As to your proposal that, before the age of cell phones, women signaled interest in SM rape scenes by stopping on the highway and removing a tire from their car, I’ve never heard of such a thing and I find it somewhat unlikely. Admittedly, the leather community probably did steal all the good symbols — but I’m thinking they probably left straight women with SOMETHING more convenient than a thing weighing twenty pounds and covered with road mung.

And even if they don’t, mechanical breakdowns lacking in ulterior motives are sufficiently common that suggesting that a woman “asks to be raped” by simulating one would be similar to suggesting that a woman might ask to be raped by wearing red nail polish or having attractively-shaped calves — such a signal would produce much offense and confusion, and might possibly even get someone shot.
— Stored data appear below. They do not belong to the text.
//! The answer to a request for a report.
ghost use Rattle.std.specs.Prelude.{◌≡◌, IfOk};
ghost use Rattle.rg_report.specs.Shown.{facts_in, HasNames};
ghost use Rattle.rg_top.specs.Examine.{ExamineEnds, report_text};
ghost use Rattle.rg_top.specs.Requests.{end_of};

use crate::answer::Answer;
use rg_commands::ExamineOutput;
use rg_lts::Lts;
use rg_memory::NoMemory;
use rg_report::{Report, examine, json_text, lines_text, report_on};
use std::alloc::Global;

// The report on the system, as lines or as a line of JSON.
pub(crate) fn report_answer(
    alloc: Global,
    lts: &Lts,
    output: ExamineOutput,
) -> Result<Answer, NoMemory>
    ensures { IfOk result (λ a. ExamineEnds output lts.now (end_of a)) }
{
    let found = examine(alloc, lts)?;
    let report = report_on(alloc, lts, &found)?;
    let text = report_text(alloc, &report, output)?;
    Ok(Answer::Yes(text))
}

// The text of the report, as lines or as a line of JSON.
fn report_text(
    alloc: Global,
    report: &Report<'_>,
    output: ExamineOutput,
) -> Result<Vec<u8>, NoMemory>
    requires { HasNames (facts_in report.now) }
    ensures { IfOk result (λ text. text.items ≡ report_text output (facts_in report.now)) }
{
    match output {
        ExamineOutput::Lines => lines_text(alloc, report),
        ExamineOutput::Json => json_text(alloc, report),
    }
}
Or were guns, like spare tires, invented after the cell phone also? I was given to understand not, based on the estates of my older Texan relatives… but possibly I am confused again.

darksidecat
darksidecat
9 years ago

You know, there is no defense to robbery, theft, assault, or murder called “the victim was just begging for it” either and victims of these crimes are not presumed to be liars if they left their door unlocked, they are not interrogated for hours on witness stands about how they really wanted to be the victim of a crime, they do not come face to face with archaic “upmost resistance” standards that make them have to display that they did everything possible (including violence) to stop the crime or let the perp walk. There actually is an old ABA Journal article satirizing this, available in part here http://womanofsteele.tumblr.com/post/3811556833/if-robbery-victims-were-treated-like-rape-victims-the). The reality is that we do not actually treat and speak about victims of other crimes the way we treat and speak about rape victims.

traindodger
9 years ago

A couple weeks ago, my mom rented a giant 24-foot moving truck. If it were five hundred pounds heavier, she would have needed a CDL. Even my dad admitted that she drove it better than he did. Women can be great drivers. All it takes is having a confident attitude.